Кустурица не просто идет "против течения", но и достаточно убедительно обосновывает свою позицию. В самом деле, не странно ли, что Запад, который на словах выступает за мультикультурный мир, поддерживает все отколовшиеся от Югославии страны и осуждает Югославию — единственное мультиэтническое государство на Балканах?

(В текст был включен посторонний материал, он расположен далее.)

// Output that fails, and memory that is refused, while a file is shown or checked.

use crate::equality::equal;
use crate::failing::Failing;
use crate::replays::stopped_ride;
use fit_activity::Summary;
use fit_base::Crc;
use fit_files::{ReportFault, check_bytes, print_summary, show_bytes};
use fit_grammar::{FaultKind, FileFault};
use std::alloc::{AllocError, Global};
use std::process::Abort;
use std::test::Fail;

// A file of one message: file_id with a type and a time.
pub const ONE_MESSAGE: [u8; 34] = [
    0x0E, 0x10, 0x64, 0x00, 0x12, 0x00, 0x00, 0x00, 0x2E, 0x46, 0x49, 0x54, 0xA1, 0x3B, 0x40, 0x00,
    0x00, 0x00, 0x00, 0x02, 0x00, 0x01, 0x00, 0x04, 0x04, 0x86, 0x00, 0x04, 0x00, 0xCA, 0x9A, 0x3B,
    0x38, 0x1C,
];

pub const ONE_MESSAGE_TEXT: &str =
    "header 14 protocol 1.0 profile 100 data 18\n0 file_id type=4 time_created=1000000000\nmessages 1\n";

// Adds the checksum of the bytes.
fn seal(bytes: &mut Vec<u8>) -> Result<(), AllocError> {
    let checksum = Crc::of(bytes.as_slice());
    bytes.extend_from_slice(&checksum.to_le_bytes())
}

// A file with these records and right checksums.
fn framed(alloc: Global, records: &[u8]) -> Result<Vec<u8>, AllocError> {
    let [first, second, third, fourth, ..] = (records.len() as u64).to_le_bytes();
    let front = [
        0x0E, 0x10, 0x64, 0x00, first, second, third, fourth, b'.', b'F', b'I', b'T',
    ];
    let mut bytes = Vec::from_slice(alloc, &front)?;
    seal(&mut bytes)?;
    bytes.extend_from_slice(records)?;
    seal(&mut bytes)?;
    Ok(bytes)
}

// A file of many messages without fields.
fn long_file(alloc: Global) -> Result<Vec<u8>, AllocError> {
    let mut records = [0; 2006];
    records[..6].copy_from_slice(&[0x40, 0, 0, 0xE8, 3, 0]);
    framed(alloc, &records)
}

// Its text, which is several buffers long.
fn long_text(alloc: Global) -> Result<Vec<u8>, AllocError> {
    let front = b"header 14 protocol 1.0 profile 100 data 2006\n";
    let mut text = Vec::from_slice(alloc, front)?;
    for number in 0..2000 {
        let line = format!(in alloc; "{number} message_1000\n")?;
        text.extend_from_slice(line.as_bytes())?;
    }
    text.extend_from_slice(b"messages 2000\n")?;
    Ok(text)
}

// Whether the answer reports the output truly: Ok if all of the text was written, else a fault and a prefix of the text.
fn is_reported(done: Result<(), ReportFault>, text: &[u8], out: &Failing) -> bool {
    match done {
        Ok(()) => out.held.as_slice() == text,
        Err(fault) => fault == ReportFault::Output && text.starts_with(&out.held),
    }
}

// Shows the bytes to an output that refuses one call, or all calls from it on. Asserts that this is reported truly. Nothing is
// written if the first call is refused, and all if there are no more than 19 calls.
fn fail_output(rt: &impl Abort, alloc: Global, bytes: &[u8], text: &[u8], mut out: Failing) {
    let calls = out.calls;
    let done = show_bytes(alloc, bytes, false, &mut out);
    assert!(rt; is_reported(done, text, &out), "{calls}");
    assert!(rt; calls > 0 || out.recovers || out.held.is_empty(), "{calls}");
    assert!(rt;
        calls < 19 || out.recovers || out.held.as_slice() == text,
        "{calls}"
    );
}

// Each call of the output fails in turn.
fn fail_each_call(rt: &impl Abort, alloc: Global, bytes: &[u8], text: &[u8], step: usize) {
    for calls in 0..20 {
        for recovers in [false, true] {
            let mut out = Failing::new(alloc, step, calls);
            out.recovers = recovers;
            fail_output(rt, alloc, bytes, text, out);
        }
    }
}

// For a text of one buffer and of several.
#[test]
fn states_where_output_fails(rt: HostRuntime) -> Result<(), AllocError> {
    let one = ONE_MESSAGE_TEXT.as_bytes();
    fail_each_call(&rt, rt.alloc(), &ONE_MESSAGE, one, 10);
    let bytes = long_file(rt.alloc())?;
    let text = long_text(rt.alloc())?;
    fail_each_call(&rt, rt.alloc(), bytes.as_slice(), text.as_slice(), 5000);
    Ok(())
}

// How many bytes an output takes a call, how many of its flushes come before the one that fails, what is reported, and whether all
// of the text is written. The output takes nothing; or it takes all and its flush fails; or it takes little at a time.
static OUTPUTS: [(usize, usize, Result<(), ReportFault>, bool); 6] = [
    (0, usize::MAX, Err(ReportFault::Output), false),
    (usize::MAX, 0, Err(ReportFault::Output), true),
    (1, usize::MAX, Ok(()), true),
    (3, usize::MAX, Ok(()), true),
    (8191, usize::MAX, Ok(()), true),
    (8193, usize::MAX, Ok(()), true),
];

// Asserts that this is reported of an output, and that it holds these bytes.
fn expect_output(
    rt: &impl Abort,
    alloc: Global,
    bytes: &[u8],
    mut out: Failing,
    reported: Result<(), ReportFault>,
    held: &[u8],
) {
    let step = out.step;
    let done = show_bytes(alloc, bytes, false, &mut out);
    assert_eq!(rt; done, reported, "{step}");
    assert_eq!(rt; out.held.as_slice(), held, "{step}");
}

#[test]
fn states_what_output_does(rt: HostRuntime) -> Result<(), AllocError> {
    let bytes = long_file(rt.alloc())?;
    let text = long_text(rt.alloc())?;
    for (step, flushes, reported, is_whole) in OUTPUTS {
        let mut out = Failing::new(rt.alloc(), step, usize::MAX);
        out.flushes = flushes;
        let held = if is_whole { text.as_slice() } else { &[] };
        expect_output(&rt, rt.alloc(), bytes.as_slice(), out, reported, held);
    }
    Ok(())
}

const CHECKED: &[u8] =
    b"ok records=0 laps=1 sessions=1 start=1000000000 elapsed_ms=1000 timer_ms=1000 distance_cm=-\n";

// Checks the bytes, and asserts that what becomes of this output is reported truly.
fn check_to(rt: &impl Abort, alloc: Global, bytes: &[u8], out: &mut Failing) {
    let calls = out.calls;
    let done = check_bytes(alloc, bytes, out);
    assert!(rt; is_reported(done, CHECKED, out), "{calls}");
}

// Each call of the output fails in turn. What was written is a prefix of the summary line.
#[test]
fn a_check_states_where_its_output_fails(rt: HostRuntime) -> Result<(), Fail> {
    let bytes = stopped_ride(&rt, rt.alloc(), &mut Vec::new(rt.alloc()))?;
    for calls in 0..12 {
        let mut out = Failing::new(rt.alloc(), 10, calls);
        check_to(&rt, rt.alloc(), bytes.as_slice(), &mut out);
        assert!(rt; calls > 0 || out.held.is_empty(), "{calls}");
        assert!(rt; calls < 11 || out.held.as_slice() == CHECKED, "{calls}");
    }
    let mut kept = Failing::new(rt.alloc(), usize::MAX, usize::MAX);
    kept.flushes = 0;
    check_to(&rt, rt.alloc(), bytes.as_slice(), &mut kept);
    Ok(())
}

// The greatest number of a place in a summary line of this length: together the seven numbers have as many digits as that takes.
fn number_at(place: usize, length: usize) -> u32 {
    match length.wrapping_add(place).wrapping_sub(70) / 7 {
        1 => 9,
        2 => 99,
        3 => 999,
        4 => 9_999,
        5 => 99_999,
        6 => 999_999,
        7 => 9_999_999,
        8 => 99_999_999,
        9 => 999_999_999,
        _ => 4_294_967_295,
    }
}

// With all its numbers, a summary line has from 77 to 140 bytes, its end among them. Each of these lengths is printed whole.
#[test]
fn a_summary_line_of_any_length_is_printed(rt: HostRuntime) -> Result<(), Fail> {
    for length in 77..141 {
        let records = number_at(0, length);
        let laps = number_at(1, length);
        let sessions = number_at(2, length);
        let start = number_at(3, length);
        let elapsed_ms = number_at(4, length);
        let timer_ms = number_at(5, length);
        let distance_cm = number_at(6, length);
        let summary = Summary {
            records,
            laps,
            sessions,
            start: Some(start),
            elapsed_ms: Some(elapsed_ms),
            timer_ms: Some(timer_ms),
            distance_cm: Some(distance_cm),
        };
        let line = format!(in rt.alloc();
            "ok records={records} laps={laps} sessions={sessions} start={start} elapsed_ms={elapsed_ms} timer_ms={timer_ms} distance_cm={distance_cm}\n"
        )?;
        assert_eq!(rt; line.len(), length);
        let mut out = Vec::new(rt.alloc());
        let printed = print_summary(summary, &mut out);
        assert_eq!(rt; printed, Ok(()), "{length}");
        assert!(rt; out.as_slice() == line.as_bytes(), "{length}");
    }
    Ok(())
}

// The want of memory at this place.
fn no_memory(place: usize) -> ReportFault {
    ReportFault::File(FileFault {
        kind: FaultKind::Memory,
        place,
    })
}

// Run with each allocation refused in turn: nothing is shown, and want of memory is reported at an item.
#[test]
fn states_that_memory_is_refused(rt: HostRuntime) -> Result<(), AllocError> {
    let mut out = Vec::with_capacity(rt.alloc(), 128)?;
    match show_bytes(rt.alloc(), &ONE_MESSAGE, false, &mut out) {
        Ok(()) => equal(&rt, out.as_slice(), ONE_MESSAGE_TEXT.as_bytes()),
        Err(fault) => {
            assert!(rt; fault == no_memory(14) || fault == no_memory(26));
            equal(&rt, out.len(), 0);
        }
    }
    Ok(())
}
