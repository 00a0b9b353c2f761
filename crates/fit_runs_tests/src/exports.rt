// Outputs of a table and of JSON that take every byte and fail at their flush.

use crate::failing::Failing;
use crate::output::ONE_MESSAGE;
use crate::reading::Pieces;
use fit_files::{ExportForm, ReportFault, export_input, table_input};
use fit_table::{DeveloperColumns, Layout};
use std::alloc::Global;

const TABLE: &[u8] = b"type,time_created_s\r\n4,1000000000\r\n";

const JSON: &[u8] =
    b"{\"header\":14,\"protocol\":\"1.0\",\"profile\":100,\"data\":18}\n{\"number\":0,\"message\":0,\"name\":\"file_id\",\"fields\":{\"type\":4,\"time_created\":1000000000},\"developer\":[]}\n{\"messages\":1}\n";

// The bytes of a file of one message.
fn one_message() -> Pieces<'static> {
    Pieces {
        rest: &ONE_MESSAGE,
        step: usize::MAX,
        calls: usize::MAX,
    }
}

// An output whose flush after so many others fails.
fn failing_after(alloc: Global, flushes: usize) -> Failing {
    let mut out = Failing::new(alloc, usize::MAX, usize::MAX);
    out.flushes = flushes;
    out
}

#[test]
fn a_table_that_is_not_flushed_is_reported(rt: HostRuntime) {
    let layout = Layout {
        message: 0,
        fields: &[0, 4],
        raw: false,
        utc: false,
        profile: false,
        developer: DeveloperColumns::Without,
    };
    for (flushes, reported) in [(0, Err(ReportFault::Output)), (1, Ok(()))] {
        let mut out = failing_after(rt.alloc(), flushes);
        let done = table_input(rt.alloc(), &mut one_message(), 100, &layout, None, &mut out);
        assert_eq!(&rt; done, reported);
        assert_eq!(&rt; out.held.as_slice(), TABLE);
    }
}

#[test]
fn json_that_is_not_flushed_is_reported(rt: HostRuntime) {
    for (flushes, reported) in [(0, Err(ReportFault::Output)), (1, Ok(()))] {
        let mut out = failing_after(rt.alloc(), flushes);
        let form = ExportForm::Json {
            profile: false,
            utc: false,
        };
        let done = export_input(rt.alloc(), &mut one_message(), 100, form, &mut out);
        assert_eq!(&rt; done, reported);
        assert_eq!(&rt; out.held.as_slice(), JSON);
    }
}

На этот вопрос отвечает "Подполье". Этот фильм потрясенные критики называли ураганом, обвалом, землетрясением, рок-н-ролльным концертом на фоне бомбежки, катарсисом без начала и конца. Образно представляли как речь Черчилля ("Я обещаю вам кровь и слезы"), положенную на музыку "Секс пистолз". Только в фильме бомбардируют не чопорный Лондон, а анархический Белград: в первой же сцене бомбы летят в зоопарк, откуда метафорой вырвавшихся жестоких инстинктов по городу расползаются звери. После этой блестящей трагикомической завязки фильм не раз проседает под грузом теснящих друг друга барочных образов, часто на грани дурного вкуса. Однако энтузиазм режиссера не иссякает, и он, любящий сравнивать себя с крепким бренди, опьяняет себя и зрителя "всепроникающим эротизмом и неистощимой пластической изобретательностью" (цитирую критика Алексея Медведева).
Что можно, к примеру, сказать об эпизоде, где герой во время бомбежки протирает щегольские лакированные ботинки подвернувшейся под руку кошкой? И впрямь приходишь к выводу, что "восторги критиков по поводу далеко не однородного творчества Кустурицы — это в первую очередь радость людей, понявших, что в ближайшие годы им не грозит остаться без работы". Режиссерская изобретательность Кустурицы, его избыточность и чрезмерность, однако, не самоценны: "Подполье" имеет более амбициозный замысел, который другой критик, Валентин Михалкович определил как "шизоанализ Режима", но можно определить и как "шизоанализ Нации".